Investing and making money the old-fashioned way still works.

I love old school because truth is, I am old school. (Or maybe just old.)

I make no excuses...

Neither does Bob Howard, a former stockbroker who is roughly my age and writes the Positive Patterns newsletter. It’s a throwback to another era of investment newsletters... and at times, seemingly another era of investing.

I have no idea when I first ran across Bob, but I wrote a story or two about him earlier in my career, including this one in the Wall Street Journal in 2007...

It was about a few big companies that let their numbers do the talking, not their executives... like J.G. Boswell ($BWEL), Expeditors International of Washington ($EXPD) and Seaboard Corp. ($SEB). They all had their moments in the sun, even Boswell, which has since sunk back down – and which today Bob concedes “has been super frustrating... the family owns 80% and treats it like their fiefdom, and the stock has done nothing. I gave up on it.”

I hadn’t talked with Bob, let alone thought about him, until a few weeks ago when he saw I had started Wall Street Beats with this A-list team. He wrote me a note saying...

You guys need some people who live in Fly OVER country, where the economy is booming – Little Rock, Bentonville, OK, Plano, Huntsville.

Yeah, like Bob, right? I called him, but he had no interest committing to being on our call several times a week – on camera, no less.

Plain Spoken, Folksy

We’re talking about a guy who enjoys calling his own shots... who has lived in the same house in rural Missouri that he bought in 1991 for $52,500, petty much the same time he started his newsletter.

He also happens to write one of the most enjoyable, instructive, plain-spoken, folksy and genuinely entertaining stock-centric investment newsletters I’ve come across.

This is no ordinary investment newsletter... certainly not in today’s world of meme stock maniacs.
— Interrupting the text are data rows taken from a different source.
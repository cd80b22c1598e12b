// What is found, as an answer.
ghost use Rattle.std.specs.Prelude.{◌≡◌};
ghost use Rattle.verdict.specs.Verdict.{answer};
ghost use Rattle.verdict_judge.specs.Best.{held};
ghost use Rattle.verdict_request.specs.Calls.{decided_by, spread};
ghost use Rattle.verdict_request.specs.Answers.{on_path, on_tree};

use crate::{PathAnswer, TreeAnswer};
use verdict_judge::rules::Numbered;

// The answer that the deciding rule gives.
pub fn decided(found: Option<Numbered>) -> PathAnswer
    ensures { on_path result ≡ decided_by (held found.entry) }
{
    let Some(n) = found else {
        return PathAnswer::Default;
    };
    if n.rule.is_permit() {
        PathAnswer::Permit(n.number)
    } else {
        PathAnswer::Deny(n.number)
    }
}

// The tree answer, where v is the verdict on the path itself, and `opposing` the opposing rule of smallest id.
pub fn spread_of(v: bool, opposing: Option<Numbered>) -> TreeAnswer
    ensures { on_tree result ≡ spread (answer «v» (held opposing.entry)) }
{
    if let Some(n) = opposing {
        return TreeAnswer::Mixed(n.number);
    }
    if v {
        return TreeAnswer::All;
    }
    TreeAnswer::None
}
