// What refuses a request, apart from its path text.
ghost use Rattle.std.specs.Prelude.{◌≡◌};
ghost use Rattle.refusal.specs.Refusal.{code};
ghost use Rattle.text.specs.Refusal.{clear};
ghost use Rattle.verdict_request.specs.Calls.{bad_mode, bad_origin, refusal_or};

use refusal::Refusal;

fn is_bad_mode(mode: u32) -> bool
    ensures { result ≡ bad_mode mode }
{
    mode != 1 && mode != 2
}

fn is_bad_origin(origin: &[u8]) -> bool
    ensures { result ≡ bad_origin origin.now }
{
    origin.len() > limits::MAX_SHORT_STRING || !text::string::all_print(origin)
}

// The user or the mode, else the origin.
pub fn check(user: &[u8], mode: u32, origin: &[u8]) -> Result<(), Refusal>
    ensures { code result ≡ refusal_or clear user.now mode origin.now }
{
    if table::is_bad_user(user) || is_bad_mode(mode) {
        return Err(Refusal::BadUserOrMode);
    }
    if is_bad_origin(origin) {
        return Err(Refusal::BadOrigin);
    }
    Ok(())
}
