#![tactic(auto)]

// A user whom a table does not name is told on standard error, with the names that differ only in case.
ghost use Rattle.std.specs.Prelude.{◌≡◌, true, not, ◌+◌, ◌++◌, ◌≤◌, ◌<◌, length};
ghost use Rattle.limits.specs.Limits.{max_string};
ghost use Rattle.text.specs.Test.{◌and◌, any};
ghost use Rattle.text.specs.String.{same};
ghost use Rattle.table.specs.Text.{check, table_of};
ghost use Rattle.table_place.specs.Place.{str_end, str_in};
ghost use Rattle.table_rows.specs.Strings.{strings_in, Listed};
ghost use Rattle.cli_names.specs.Names.{small, alike, led, lead_of, listed, grouping, sentence, told, slip, max_line};
ghost use Rattle.cli_names.specs.Positions.{subjects_in, users_in, Pushed, Stand, RulesReady, GatherReady, Gathered, TableReady};

use cli_show::Stream;
use cli_show::console::Console;
use table_load::Table;
use text_make::Text;

// As many users as a table can name, and the longest line.
const MAX_USERS: usize = limits::MAX_MEMBERS + limits::MAX_RULES;

const MAX_LINE: usize = 67 + limits::MAX_STRING + MAX_USERS * (2 + limits::MAX_STRING);

// A capital letter as the small one, any other byte as it is.
fn small(b: u8) -> u8
    ensures { result ≡ small b }
{
    if (b'A' <= b) & (b <= b'Z') {
        return b - b'A' + b'a';
    }
    b
}

// The two strings are the same but for the case of letters.
fn is_alike(a: &[u8], b: &[u8]) -> bool
    ensures { result ≡ alike a.now b.now }
{
    let n = a.len();
    if n != b.len() {
        return false;
    }
    let mut i = 0;
    while i < n {
        if small(a[i]) != small(b[i]) {
            return false;
        }
        i += 1;
    }
    true
}

// Puts a position after the m in places where the test holds; answers how many there are.
fn push_where(test: bool, places: &mut [u16], m: usize, at: u16) -> usize
    requires { m < length places.old }
    ensures { Pushed test places.old m at places.new result }
{
    if test {
        places[m] = at;
        return m + 1;
    }
    m
}

// Puts the position of each user whom one of n rules names into places; answers how many there are.
fn find_subjects(f: &[u8], starts: &[u16], n: usize, places: &mut [u16]) -> usize
    requires { RulesReady f.now starts.now n places.old }
    ensures { Stand f.now places.new result (subjects_in f.now starts.now n 0) × (result ≤ n)
        × (length places.new ≡ length places.old) }
{
    let mut m = 0;
    for i in 0..n {
        let s = starts[i] as usize;
        let by_user = f[s + table::RULE_SUBJECT_KIND] != table::SUBJECT_GROUP;
        m = push_where(by_user, places, m, (s + table::RULE_SUBJECT) as u16);
    }
    m
}

// The name at `at` is the user's but for the case of letters, and none of the first m kept.
fn is_new(f: &[u8], at: usize, user: &[u8], kept: &[u16], m: usize) -> bool
    requires { (str_end f.now at ≤ length f.now) × Listed f.now kept.now m }
    ensures { result ≡ (alike user.now (str_in f.now at)
        and not (any (same (str_in f.now at)) (strings_in f.now kept.now m 0))) }
{
    let start = at + 1;
    let end = table_place::str_end(f, at);
    let name = &f[start..end];
    if !is_alike(user, name) {
        return false;
    }
    table_rows::find(f, kept, m, name) == m
}

// Puts the positions of those of n names that are the user's but for the case of letters after the m in kept, each name once; answers how many there are.
fn gather(f: &[u8], starts: &[u16], n: usize, user: &[u8], kept: &mut [u16], m: usize) -> usize
    requires { GatherReady f.now starts.now n kept.old m }
    ensures { Gathered f.now starts.now n user.now kept.old m kept.new result }
{
    let mut count = m;
    for i in 0..n {
        let at = starts[i];
        let wanted = is_new(f, at as usize, user, kept, count);
        count = push_where(wanted, kept, count, at);
    }
    count
}

// The words before a name, of which the first has others.
fn lead(first: bool) -> &'static [u8]
    ensures { result.now ≡ lead_of first }
{
    if first { b"; it names " } else { b", " }
}

// Adds the name at p of f, after these words.
fn add_name(f: &[u8], p: usize, first: bool, text: &mut Text<MAX_LINE>)
    requires { (str_end f.now p ≤ length f.now) × (length text.old + length (led first (str_in f.now p)) ≤ max_line) }
    ensures { text.new ≡ text.old ++ led first (str_in f.now p) }
{
    text.push_str(lead(first));
    let start = p + 1;
    let end = table_place::str_end(f, p);
    text.push_str(&f[start..end]);
}

// Adds the names at n places.
fn add_names(f: &[u8], places: &[u16], n: usize, text: &mut Text<MAX_LINE>)
    requires { Listed f.now places.now n × (length text.old + length (listed true (strings_in f.now places.now n 0)) ≤ max_line) }
    ensures { text.new ≡ text.old ++ listed true (strings_in f.now places.now n 0) }
{
    for i in 0..n {
        add_name(f, places[i] as usize, i == 0, text);
    }
}

// What is said of a group that has the name.
fn grouping(grouped: bool) -> &'static [u8]
    ensures { result.now ≡ grouping grouped }
{
    if grouped {
        b"; a group has that name"
    } else {
        b""
    }
}

// The sentence.
fn sentence(f: &[u8], grouped: bool, user: &[u8], places: &[u16], n: usize) -> Text<MAX_LINE>
    requires { Listed f.now places.now n × (length (sentence grouped user.now (strings_in f.now places.now n 0)) ≤ max_line) }
    ensures { result ≡ sentence grouped user.now (strings_in f.now places.now n 0) }
{
    let mut text = Text::of(b"burgee: the table names no user ");
    text.push_str(user);
    text.push_str(grouping(grouped));
    add_names(f, places, n, &mut text);
    text.push_str(b"\n");
    text
}

// What is told of a user.
fn told(
    f: &[u8],
    users: &[u16],
    members: usize,
    starts: &[u16],
    rules: usize,
    grouped: bool,
    user: &[u8],
) -> Text<MAX_LINE>
    requires { TableReady f.now users.now members starts.now rules × (length user.now ≤ max_string) }
    ensures { result ≡ told grouped user.now (users_in f.now users.now members starts.now rules) }
{
    if table_rows::find(f, users, members, user) < members {
        return Text::new();
    }
    let mut subjects = [0u16; limits::MAX_RULES];
    let s = find_subjects(f, starts, rules, &mut subjects);
    if table_rows::find(f, &subjects, s, user) < s {
        return Text::new();
    }
    let mut kept = [0u16; MAX_USERS];
    let m = gather(f, users, members, user, &mut kept, 0);
    let n = gather(f, &subjects, s, user, &mut kept, m);
    sentence(f, grouped, user, &kept, n)
}

// The line; nothing where there is nothing to tell.
pub fn line(text: &[u8], user: &[u8]) -> Text<MAX_LINE>
    ensures { result ≡ slip (check text.now) (table_of text.now) user.now }
{
    let mut table = Table::new();
    let Ok(()) = table_load::load(text, &mut table) else {
        return Text::new();
    };
    if table::is_bad_user(user) {
        return Text::new();
    }
    let f = table.bytes();
    let counts = table.counts;
    let grouped = table_rows::find(f, &table.groups, counts.groups, user) < counts.groups;
    told(
        f,
        &table.users,
        counts.members,
        &table.starts,
        counts.rules,
        grouped,
        user,
    )
}

// Says on standard error that the table names no such user, where that is so.
pub fn tell(console: &mut Console, text: &[u8], user: &[u8]) {
    cli_show::word_to(console, Stream::Error, line(text, user).as_bytes());
}
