#![tactic(auto)]

// Requests and answers of the single-path verdict and the tree verdict. What refuses a call is its error.
pub mod answer;
pub mod request;

use table::RuleNumber;

// The answer of the single-path verdict.
#[derive(Clone, Copy)]
pub enum PathAnswer {
    Permit(RuleNumber),
    Deny(RuleNumber),
    // No rule matches: deny.
    Default,
}

// The answer of the tree verdict.
#[derive(Clone, Copy)]
pub enum TreeAnswer {
    All,
    None,
    Mixed(RuleNumber),
}
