// A graph of drinkers and bottles, which keeps its rules as long as it exists.
ghost use Rattle.std.specs.Prelude.{◌≡◌, ◌≤◌, length, take};
ghost use Rattle.graph.specs.Ends.{EndsOrdered, PairsOnce};

use crate::ends::Ends;

pub mod asking;
pub mod joining;

#[derive(Clone, Copy)]
pub struct Graph {
    drinkers: usize,
    bottles: usize,
    // Those of bottle b stand at place b; the places from `bottles` on are unused.
    // An array with its count beside it, as a graph is `Copy`; an `ArrayVec` is not.
    ends: [Ends; 32],
    ghost places: { length ends ≡ 32 },
    ghost some: { 1 ≤ drinkers },
    ghost few: { drinkers ≤ 16 },
    ghost room: { bottles ≤ 32 },
    ghost ordered: { EndsOrdered drinkers (take bottles ends) },
    ghost once: { PairsOnce (take bottles ends) },
}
In a throwback to another era, Bob doesn’t have a website and has never done any marketing. He’s the antithesis of the breathlessly copy written, get-rich-come-ons that have proliferated, thanks to the Internet and a booming bull market.

Still, he has 500 customers who pay him $1,400 a year, which he quickly adds, “pays the bills down here in the Ozarks.”

His churn, he says, is low... and of his 22 non-renewals last year, he says that “half of them died.” All of his customers come from referrals... unless, of course, a story like this is written. (And very few are these days because he doesn’t seek publicity. It was my idea to write this.)

Bob prefers to do things his way, on his time, in his space, in a way that fits his lifestyle.

Red, Black and Blue

Not including regular updates, he writes one monthly issue, the very old-fashioned way – nothing fancy, just around 40 single-spaced, typewritten pages in Microsoft Word... with lots of red and sometimes blue type to make his points. It looks like this...

He doesn’t keep a formal record of his performance, though he reckons his win rate is about 70%. His view is long-term, and he lays out what to expect in his disclaimers, such as this one at the tail end of his reports...

If the print was too small to read here, there are such warnings as...

We are TERRIBLE market timers – SO DON’T EXPECT THAT FROM US.

And...

We never had 82 winning trades in a row and oh, by the way – NEITHER HAS ANYBODY ELSE...ok?

And...

If you don’t believe the tortoise wins the race, then this newsletter is NOT for you.

And a reminder that...

If you spend your investing life at the edge of the envelope, someday you are going to fall off the edge of the cliff. There is a big difference between a Risk & A Gamble.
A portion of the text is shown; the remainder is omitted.